Task goal
With both ends included, repeat exactly the lines of the entries below from the one containing "mod blockfile;" down to the one containing "fn a_frame_numbers_its_cells(rt: HostRuntime)", and no others.

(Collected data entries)

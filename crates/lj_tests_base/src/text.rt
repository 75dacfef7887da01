ghost use Rattle.std.specs.Prelude.{◌≡◌, ◌<◌, ◌≤◌, length, None};

use lj_base::{Failed, Sink, Source};
use lj_text::{
    Line, Lines, NotNumber, ReadFail, Token, Tokens, WriteFault, number, put, put_field,
    put_joined, put_named, put_number, put_number_field, put_number_fields, read_all, write_all,
};
use std::test::Fail;

// A source of bytes that fails at one call, counted from 1. It reports nothing of its bytes.
#[derive(Drop)]
struct Feed<'a> {
    bytes: &'a [u8],
    piece: usize,
    calls: u64,
    fails: u64,
    faults: u64,
}

impl<'a> Source for Feed<'a> {
    ghost left = { λ _. None };

    ghost faults = { λ s. s.faults };

    fn read(&mut self, buf: &mut [u8]) -> Result<usize, Failed> {
        self.calls = self.calls.saturating_add(1);
        if self.calls == self.fails {
            self.faults = self.faults.saturating_add(1);
            return Err(Failed);
        }
        let count = self.piece.min(buf.len()).min(self.bytes.len());
        buf[..count].copy_from_slice(&self.bytes[..count]);
        self.bytes = &self.bytes[count..];
        Ok(count)
    }

    fn faults(&self) -> u64 {
        self.faults
    }
}

// A sink that takes at most two bytes a call and fails at one call, counted from 1.
#[derive(Drop)]
struct Store {
    bytes: Vec<u8>,
    calls: u64,
    fails: u64,
    faults: u64,
}

impl Sink for Store {
    ghost written = { λ _. None };

    ghost faults = { λ s. s.faults };

    fn write(&mut self, bytes: &[u8]) -> Result<usize, Failed> {
        if bytes.is_empty() {
            return Ok(0);
        }
        self.calls = self.calls.saturating_add(1);
        let count = bytes.len().min(2);
        if self.calls == self.fails || self.bytes.extend_from_slice(&bytes[..count]).is_err() {
            self.faults = self.faults.saturating_add(1);
            return Err(Failed);
        }
        Ok(count)
    }

    fn faults(&self) -> u64 {
        self.faults
    }
}

const TEXT: &[u8] = b"4\t2 1\r\n\r\n2 3 5\r\n6 4 3\n 4 5 7 \n1 5 6";

#[test]
fn lines_are_numbered_with_the_blank_ones(rt: HostRuntime) -> Result<(), Fail> {
    let mut lines = Lines::of(TEXT);
    let rows: [(u64, &[u8]); 5] = [
        (1, b"4\t2 1"),
        (3, b"2 3 5"),
        (4, b"6 4 3"),
        (5, b" 4 5 7 "),
        (6, b"1 5 6"),
    ];
    for (number, text) in rows {
        let line = lines.next().unwrap_or(Line {
            number: 0,
            start: 0,
            stop: 0,
        });
        assert_eq!(rt; line.number, number);
        assert_eq!(rt;
            TEXT.get(line.start as usize..line.stop as usize),
            Some(text),
            "line {number}"
        );
    }
    assert!(rt; lines.next().is_none());
    assert!(rt; lines.next().is_none());
    Ok(())
}

#[test]
fn ends_and_blanks_decide_what_a_line_is(rt: HostRuntime) -> Result<(), Fail> {
    let rows: [(&[u8], Option<(u64, u64, u64)>); 8] = [
        (b"", None),
        (b"\n\n", None),
        (b" \t\r\n", None),
        (b"a\n", Some((1, 0, 1))),
        (b"\r\r\n", Some((1, 0, 1))),
        (b"a\rb", Some((1, 0, 3))),
        (b"\n \n\tb\r", Some((3, 3, 5))),
        (b"\n\r\nab", Some((3, 3, 5))),
    ];
    for (text, want) in rows {
        let mut lines = Lines::of(text);
        let line = lines
            .next()
            .map(|line| (line.number, line.start, line.stop));
        assert_eq!(rt; line, want, "in {text:?}");
        assert!(rt; lines.next().is_none(), "after the first of {text:?}");
    }
    Ok(())
}

#[test]
fn tokens_stand_between_spaces_and_tabs(rt: HostRuntime) -> Result<(), Fail> {
    let rows: [(&[u8], &[(u64, u64, u64)]); 4] = [
        (b" 4 5\t7 ", &[(2, 1, 2), (4, 3, 4), (6, 5, 6)]),
        (b"frame  12", &[(1, 0, 5), (8, 7, 9)]),
        (b"\t ", &[]),
        (b"", &[]),
    ];
    for (line, want) in rows {
        let mut tokens = Tokens::of(line);
        for (column, start, stop) in want {
            let token = Token {
                column: *column,
                start: *start,
                stop: *stop,
            };
            assert_eq!(rt; tokens.next(), Some(token), "in {line:?}");
        }
        assert!(rt; tokens.next().is_none(), "in {line:?}");
    }
    Ok(())
}

#[test]
fn numbers_have_1_to_18_digits(rt: HostRuntime) -> Result<(), Fail> {
    let rows: [(&[u8], Result<u64, NotNumber>); 9] = [
        (b"0", Ok(0)),
        (b"007", Ok(7)),
        (b"999999999999999999", Ok(999_999_999_999_999_999)),
        (b"", Err(NotNumber)),
        (b"1000000000000000000", Err(NotNumber)),
        (b"+1", Err(NotNumber)),
        (b"1x", Err(NotNumber)),
        (b"-1", Err(NotNumber)),
        (b"1 2", Err(NotNumber)),
    ];
    for (token, want) in rows {
        assert_eq!(rt; number(token), want, "of {token:?}");
    }
    Ok(())
}

#[test]
fn a_source_is_read_up_to_the_limit(rt: HostRuntime) -> Result<(), Fail> {
    // piece, the call that fails, limit, the bytes or the error
    let rows: [(usize, u64, u64, Result<&[u8], ReadFail>); 5] = [
        (2, 0, 5, Ok(b"bytes")),
        (100, 0, 5, Ok(b"bytes")),
        (2, 0, 4, Err(ReadFail::TooLarge)),
        (2, 2, 5, Err(ReadFail::ReadFault { count: 1 })),
        (5, 2, 4, Err(ReadFail::TooLarge)),
    ];
    for (piece, fails, limit, want) in rows {
        let mut source = Feed {
            bytes: b"bytes",
            piece,
            calls: 0,
            fails,
            faults: 0,
        };
        let read = read_all(rt.alloc(), &mut source, limit);
        let shown = match &read {
            Ok(bytes) => Ok(bytes.as_slice()),
            Err(error) => Err(*error),
        };
        assert_eq!(rt; shown, want, "in pieces of {piece} up to {limit}");
    }
    Ok(())
}

#[test]
fn a_text_is_written_up_to_the_fault(rt: HostRuntime) -> Result<(), Fail> {
    // the call that fails, the result, what was written
    let rows: [(u64, Result<(), WriteFault>, &[u8]); 3] = [
        (0, Ok(()), b"seven 7"),
        (3, Err(WriteFault { count: 1 }), b"seve"),
        (1, Err(WriteFault { count: 1 }), b""),
    ];
    let mut text = Vec::new(rt.alloc());
    put(&mut text, b"seven ")?;
    put_number(&mut text, 7)?;
    for (fails, want, written) in rows {
        let mut sink = Store {
            bytes: Vec::new(rt.alloc()),
            calls: 0,
            fails,
            faults: 0,
        };
        assert_eq!(rt;
            write_all(&mut sink, &text),
            want,
            "where call {fails} fails"
        );
        assert_eq!(rt; sink.bytes.as_slice(), written, "where call {fails} fails");
    }
    Ok(())
}

#[test]
fn numbers_are_written_in_decimal_digits(rt: HostRuntime) -> Result<(), Fail> {
    let rows: [(u64, &[u8]); 4] = [
        (0, b"n 0"),
        (99, b"n 99"),
        (1_299_709, b"n 1299709"),
        (u64::MAX, b"n 18446744073709551615"),
    ];
    for (n, want) in rows {
        let mut text = b"n ".to_vec(rt.alloc())?;
        put_number(&mut text, n)?;
        assert_eq!(rt; text.as_slice(), want);
    }
    Ok(())
}

#[test]
fn fields_are_written_after_what_is_there(rt: HostRuntime) -> Result<(), Fail> {
    let mut text = b"7".to_vec(rt.alloc())?;
    put_field(&mut text, b"drop")?;
    put_number_field(&mut text, 5)?;
    put_number_fields(&mut text, &[3, 2])?;
    put(&mut text, b"\n")?;
    put_named(&mut text, b"covers", &[12])?;
    put(&mut text, b"\n")?;
    put_joined(&mut text, b':', &[0, 1, 20])?;
    assert_eq!(rt;
        text.as_slice(),
        b"7 drop 5 3 2\ncovers 12\n0:1:20".as_slice()
    );
    Ok(())
}
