//! Tests that cross crates: worked values of streams, texts, ranks, maps and block files.
#![tactic(auto)]

#[cfg(test)]
mod base;
#[cfg(test)]
mod bitmap;
#[cfg(test)]
mod blockfile;
#[cfg(test)]
mod rank;
#[cfg(test)]
mod text;
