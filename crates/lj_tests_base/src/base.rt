use lj_base::{
    Block, Cell, Failed, Frame, MemSink, MemSource, Outside, Sink, Source, StdSink, StdSource,
    binom,
};
use std::io;
use std::io::Read;
use std::test::Fail;

#[test]
fn cells_are_made_within_the_limits(rt: HostRuntime) {
    let rows = [
        (5, 3, 2, None),
        (99, 25, 8, None),
        (1, 0, 0, None),
        (8, 8, 8, None),
        (0, 0, 0, Some(Outside)),
        (100, 3, 2, Some(Outside)),
        (30, 26, 2, Some(Outside)),
        (20, 10, 9, Some(Outside)),
        (3, 4, 2, Some(Outside)),
        (5, 3, 4, Some(Outside)),
    ];
    for (v, k, t, fault) in rows {
        assert_eq!(rt; Cell::new(v, k, t).err(), fault, "({v},{k},{t})");
    }
}

#[test]
fn a_frame_numbers_its_cells(rt: HostRuntime) {
    let frame = Frame::new(Cell { v: 7, k: 3, t: 2 });
    assert_eq!(rt; frame.size(), 54);
    assert_eq!(rt; frame.cell(0), Cell { v: 1, k: 0, t: 0 });
    assert_eq!(rt; frame.cell(53), Cell { v: 7, k: 3, t: 2 });
    assert!(rt; frame.has(Cell { v: 5, k: 3, t: 2 }));
    assert!(rt; !frame.has(Cell { v: 8, k: 3, t: 2 }));
    for i in 0..frame.size() {
        assert_eq!(rt; frame.index(frame.cell(i)), i);
    }
}

#[test]
fn blocks_keep_their_points_in_order(rt: HostRuntime) {
    let mut block = Block::empty();
    block.push(2);
    block.push(7);
    assert!(rt; block.insert(5));
    assert!(rt; !block.insert(7));
    assert_eq!(rt; block.len(), 3);
    assert_eq!(rt; (block.at(0), block.at(1), block.at(2)), (2, 5, 7));
    assert!(rt; block.has(5) && !block.has(6));
}

#[test]
fn binomials_count_sets(rt: HostRuntime) {
    let rows = [
        (0, 0, 1),
        (0, 1, 0),
        (7, 2, 21),
        (25, 5, 53_130),
        (99, 8, 171_200_862_756),
    ];
    for (n, r, count) in rows {
        assert_eq!(rt; binom(n, r), count, "{r} of {n}");
    }
}

#[test]
fn a_source_in_memory_gives_pieces_and_fails_where_stated(rt: HostRuntime) -> Result<(), Fail> {
    let alloc = rt.alloc();
    let mut bytes = Vec::new(alloc);
    bytes.extend_from_slice(b"seven")?;
    let mut source = MemSource::new(bytes, 3, vec![in alloc; 2; 1]?);
    let mut piece = [0; 4];
    assert_eq!(rt; source.read(&mut piece), Ok(3));
    assert_eq!(rt; piece, *b"sev\0");
    for want in [Err(Failed), Ok(2), Ok(0)] {
        assert_eq!(rt; source.read(&mut piece), want);
    }
    assert_eq!(rt; (source.calls(), Source::faults(&source)), (4, 1));
    Ok(())
}

#[test]
fn a_sink_in_memory_takes_pieces_and_fails_where_stated(rt: HostRuntime) -> Result<(), Fail> {
    let alloc = rt.alloc();
    let mut sink = MemSink::new(alloc, 4, 3, vec![in alloc; 2; 1]?)?;
    let rows: [(&[u8], Result<usize, Failed>); 5] = [
        (b"seven", Ok(3)),
        (b"en", Err(Failed)),
        (b"en", Ok(1)),
        (b"n", Err(Failed)),
        (b"", Ok(0)),
    ];
    for (bytes, want) in rows {
        assert_eq!(rt; sink.write(bytes), want, "of {bytes:?}");
    }
    assert_eq!(rt; sink.bytes(), b"seve".as_slice());
    assert_eq!(rt; Sink::faults(&sink), 2);
    Ok(())
}

// A reader that fails at each second call.
#[derive(Drop)]
struct Halting<'a> {
    bytes: &'a [u8],
    fails: bool,
}

impl<'a> Read for Halting<'a> {
    fn read(&mut self, buf: &mut [u8]) -> io::Result<usize> {
        self.fails = !self.fails;
        if !self.fails {
            return Err(io::Error::from(io::ErrorKind::WouldBlock));
        }
        self.bytes.read(buf)
    }
}

#[test]
fn a_reader_that_fails_is_a_source_that_counts_it(rt: HostRuntime) {
    let mut source = StdSource::new(Halting {
        bytes: b"seven",
        fails: false,
    });
    let mut piece = [0; 4];
    for (want, faults) in [
        (Ok(4), 0),
        (Err(Failed), 1),
        (Ok(1), 1),
        (Err(Failed), 2),
        (Ok(0), 2),
    ] {
        assert_eq!(rt; source.read(&mut piece), want);
        assert_eq!(rt; source.faults(), faults);
    }
    assert_eq!(rt; piece, *b"neve");
}

#[test]
fn a_writer_without_room_is_a_sink_that_counts_it(rt: HostRuntime) {
    let mut room = [0; 4];
    let mut sink = StdSink::new(room.as_mut_slice());
    let rows: [(&[u8], Result<usize, Failed>, u64); 5] = [
        (b"sev", Ok(3), 0),
        (b"en", Ok(1), 0),
        (b"n", Err(Failed), 1),
        (b"", Ok(0), 1),
        (b"n", Err(Failed), 2),
    ];
    for (bytes, want, faults) in rows {
        assert_eq!(rt; sink.write(bytes), want, "of {bytes:?}");
        assert_eq!(rt; sink.faults(), faults, "after {bytes:?}");
    }
    assert_eq!(rt; room, *b"seve");
}
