ghost use Rattle.std.specs.Prelude.{◌≡◌, ◌+◌, ◌/◌, ◌≤◌, length};
ghost use Rattle.lj_bitmap.specs.Marks.{marks_of};

use lj_bitmap::RankMap;
use std::test::Fail;

// Marks the ranks from `first` up to `end` but one.
fn mark_but(map: &mut RankMap, first: u64, end: u64, left_out: u64)
    requires { end ≤ length map.old }
    ensures { length map.new ≡ length map.old }
{
    for r in first..end {
        if r != left_out {
            map.mark(r);
        }
    }
}

// Whether these are ranks of the map, marked as stated.
fn agrees(map: &RankMap, rows: &[(u64, bool)]) -> bool {
    for (r, marked) in rows {
        if *r >= map.len() || map.has(*r) != *marked {
            return false;
        }
    }
    true
}

#[test]
fn the_first_clear_ranks_come_in_order(rt: HostRuntime) -> Result<(), Fail> {
    let mut map = RankMap::new(rt.alloc(), 200)?;
    assert_eq!(rt; map.len(), 200);
    assert_eq!(rt; map.first_clear(), Some(0));
    mark_but(&mut map, 0, 199, 63);
    assert!(rt;
        agrees(
            &map,
            &[
                (62, true),
                (63, false),
                (64, true),
                (198, true),
                (199, false)
            ]
        )
    );
    assert_eq!(rt; map.first_clear(), Some(63));
    map.mark(63);
    assert_eq!(rt; map.first_clear(), Some(199));
    map.mark(199);
    assert_eq!(rt; map.first_clear(), None);
    map.unmark(64);
    assert_eq!(rt; map.first_clear(), Some(64));
    Ok(())
}

#[test]
fn maps_of_each_size_end_where_they_should(rt: HostRuntime) -> Result<(), Fail> {
    for len in [0, 1, 63, 64, 65, 511, 512, 513, 640, 700] {
        let mut map = RankMap::new(rt.alloc(), len)?;
        let first = if len == 0 { None } else { Some(0) };
        assert_eq!(rt; map.first_clear(), first, "of {len} ranks");
        mark_but(&mut map, 0, len, len);
        assert_eq!(rt; map.first_clear(), None, "of {len} ranks");
    }
    Ok(())
}

#[test]
fn each_rank_is_found_clear(rt: HostRuntime) -> Result<(), Fail> {
    for rank in 0..700 {
        let mut map = RankMap::new(rt.alloc(), 700)?;
        mark_but(&mut map, 0, 700, rank);
        assert_eq!(rt; map.first_clear(), Some(rank));
    }
    Ok(())
}

// Writes all words of a map.
fn write(map: &mut RankMap, words: &[u64])
    requires { length words.now ≡ (length map.old + 63) / 64 }
    ensures { map.new ≡ marks_of words.now (length map.old) }
{
    map.words_mut().copy_from_slice(words);
}

#[test]
fn the_words_of_a_map_are_written(rt: HostRuntime) -> Result<(), Fail> {
    let mut map = RankMap::new(rt.alloc(), 65)?;
    assert_eq!(rt; map.words_mut().len(), 2);
    // Of the bits of the second word the lowest alone has a rank.
    write(&mut map, &[5, u64::MAX]);
    assert!(rt;
        agrees(
            &map,
            &[(0, true), (1, false), (2, true), (3, false), (64, true)]
        )
    );
    assert_eq!(rt; map.first_clear(), Some(1));
    mark_but(&mut map, 0, 64, 64);
    assert_eq!(rt; map.first_clear(), None);
    Ok(())
}
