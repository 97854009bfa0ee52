// A book of a lent register, found by its number.
#![tactic(auto)]

ghost use Rattle.std.specs.Prelude.{◌≡◌};
ghost use Rattle.shelf.specs.Steps.{picked_of, others_form, found_of};

use book::Book;
use image::Layout;
use procedure::Procedure;

// The book of that number, in form or not; a closed one where the bytes have none.
pub fn picked(register: &[u8], book: u64) -> Book
    ensures { result ≡ picked_of register.now book }
{
    let length = register.len();
    if length != Layout::REGISTER {
        return making::closed();
    }
    if lent::is_book(book) {
        let a = ((book - 1) as usize) * Layout::BOOK;
        return stored::load(register, a);
    }
    making::closed()
}

// Whether the register is in form but for the book of that number: the call on it holds it to the form, so that each is looked at once.
fn others_formed(register: &[u8], book: u64) -> bool
    ensures { result ≡ others_form register.now book }
{
    if lent::is_book(book) {
        let k = book as usize;
        return lent::formed_from(register, 0, k - 1)
            & lent::formed_from(register, k, Procedure::BOOKS);
    }
    lent::formed(register)
}

// The book of that number; where another is not in form it is made one that is not, and any call on it is refused with REGISTER.
pub fn found(register: &[u8], book: u64) -> Book
    ensures { result ≡ found_of register.now book }
{
    let mut b = picked(register, book);
    if others_formed(register, book) {
        return b;
    }
    b.opened = 2;
    b
}
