// An input, read to its end into a lent buffer.
#![tactic(auto)]

ghost use Rattle.std.specs.Prelude.{◌+◌, ◌<◌, ◌≤◌, max, ◌≡◌, length, take, drop, IfOk};
ghost use Rattle.std.specs.Io.KnownBytes.{ReadConsumes};
ghost use Rattle.input.specs.Input.{Holds};

use std::io;
use std::io::{ErrorKind, Read};

// One read. One that a signal interrupts is tried again: it brought nothing, and is not the end. What the last turn gives is handed on.
fn read_through<R: Read>(reader: &mut R, row: &mut [u8]) -> io::Result<usize>
    ensures within { IfOk result (λ n. n ≤ length row.old) }
    ensures brings { ReadConsumes (R.remaining reader.old) (R.remaining reader.new) result row.new }
{
    for _ in 1..u64::MAX {
        match reader.read(row) {
            Err(e) if e.kind() == ErrorKind::Interrupted => {}
            got => return got,
        }
    }
    reader.read(row)
}

// One read into the buffer, from that byte on.
fn read_once<R: Read>(reader: &mut R, buffer: &mut [u8], from: usize) -> io::Result<usize>
    requires { from ≤ length buffer.old }
    ensures within { IfOk result (λ n. from + n ≤ length buffer.old) }
    ensures front { take from buffer.new ≡ take from buffer.old }
    ensures brings { ReadConsumes (R.remaining reader.old) (R.remaining reader.new) result (drop from buffer.new) }
{
    read_through(reader, &mut buffer[from..])
}

// Where the next bytes go: behind those that came, or over them where the buffer is full. A buffer that has room at all has some there, so
// that a read which brings nothing is the end of the input.
fn next_place(len: usize, room: usize) -> usize
    ensures bound { result < max 1 room }
    ensures behind { len < room → result ≡ len }
{
    if len < room { len } else { 0 }
}

// Reads to the end of the input, however long: of one longer than the buffer, as many bytes are held as the buffer has.
// A proved loop has to end: it has as many turns as no run uses up.
pub fn fill<R: Read>(reader: &mut R, buffer: &mut [u8]) -> io::Result<usize>
    ensures within { IfOk result (λ n. n ≤ length buffer.old) }
    ensures holds { IfOk result (λ n. Holds n (R.remaining reader.old) (R.remaining reader.new) buffer.new) }
{
    let mut len: usize = 0;
    for _turn in 0..u64::MAX {
        let from = next_place(len, buffer.len());
        let n = read_once(reader, buffer, from)?;
        if n == 0 {
            return Ok(len);
        }
        len = len.max(from + n);
    }
    Ok(len)
}
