// Theorems only: what document 01 states about choosing and about tables without a clash.
#![tactic(auto)]
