//! The last page of a container.

use crate::allocation::Allocation;
use dby_types::number::PageId;
use slotted_page::flags::Flags;
use slotted_page::kind::Kind;
use slotted_page::page_mut::PageMut;

const ID: PageId = PageId {
    container: 16,
    page: 0,
};

#[test]
fn last_page(rt: HostRuntime) {
    let mut frame = [0; 4096];
    let mut page = PageMut::make(&mut frame, ID, Kind::Allocation);
    page.insert(0, Flags(0), &[0, 0xff, 0xff, 0xff]);
    assert!(rt; Allocation::grow(&mut page) == Some(16_777_215));
    assert!(rt; Allocation::grow(&mut page).is_none());
}
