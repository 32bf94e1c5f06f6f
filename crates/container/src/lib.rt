//! Containers: their allocation pages, which give fresh page numbers.
#![tactic(auto)]

pub mod allocation;
#[cfg(test)]
mod tests;
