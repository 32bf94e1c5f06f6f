//! The allocation page.

ghost use Rattle.std.specs.Prelude.{◌≡◌, ◌↔◌, ◌≤◌, ◌^◌, IfSome, IsNone, IfNone};
ghost use Rattle.container.specs.Allocation.{HasGrown, IsAllocation, count_of};
ghost use Rattle.slotted_page.specs.Layout.{content_of};

use dby_bytes::{get_u32, put_u32};
use slotted_page::page::Page;
use slotted_page::page_mut::PageMut;

/// The most pages that a container has.
pub const MOST_PAGES: u32 = 16_777_216;

/// What an allocation page says.
pub struct Allocation;

impl Allocation {
    /// The number of pages of the container.
    pub fn count(p: &Page<'_>) -> u32
        requires { IsAllocation (content_of p.now.bytes.now) }
        ensures exact { result ≡ count_of (content_of p.now.bytes.now) }
    {
        get_u32(p.item(0), 0)
    }

    /// The number of a fresh page, the next one; none exactly where the container has 2^24 pages.
    pub fn grow(p: &mut PageMut<'_>) -> Option<u32>
        requires { IsAllocation (content_of p.old.bytes.now) }
        ensures none { IsNone result ↔ (2 ^ 24 ≤ count_of (content_of p.old.bytes.now)) }
        ensures ok { IfSome result (HasGrown (content_of p.old.bytes.now) (content_of p.new.bytes.now)) }
        ensures keeps { IfNone result (p.new.bytes.now ≡ p.old.bytes.now) }
        ensures same { p.new.bytes.ghost_name ≡ p.old.bytes.ghost_name }
    {
        let count = get_u32(p.item(0), 0);
        if count >= MOST_PAGES {
            return None;
        }
        let mut number = [0; 4];
        put_u32(&mut number, 0, count + 1);
        p.set(0, &number);
        Some(count)
    }
}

Written answer
mod blockfile;
#[cfg(test)]
mod rank;
#[cfg(test)]
mod text;
filename crates/lj_tests_base/src/base.rt
use lj_base::{
    Block, Cell, Failed, Frame, MemSink, MemSource, Outside, Sink, Source, StdSink, StdSource,
    binom,
};
use std::io;
use std::io::Read;
use std::test::Fail;

#[test]
fn cells_are_made_within_the_limits(rt: HostRuntime) {
    let rows = [
        (5, 3, 2, None),
        (99, 25, 8, None),
        (1, 0, 0, None),
        (8, 8, 8, None),
        (0, 0, 0, Some(Outside)),
        (100, 3, 2, Some(Outside)),
        (30, 26, 2, Some(Outside)),
        (20, 10, 9, Some(Outside)),
        (3, 4, 2, Some(Outside)),
        (5, 3, 4, Some(Outside)),
    ];
    for (v, k, t, fault) in rows {
        assert_eq!(rt; Cell::new(v, k, t).err(), fault, "({v},{k},{t})");
    }
}

#[test]
fn a_frame_numbers_its_cells(rt: HostRuntime) {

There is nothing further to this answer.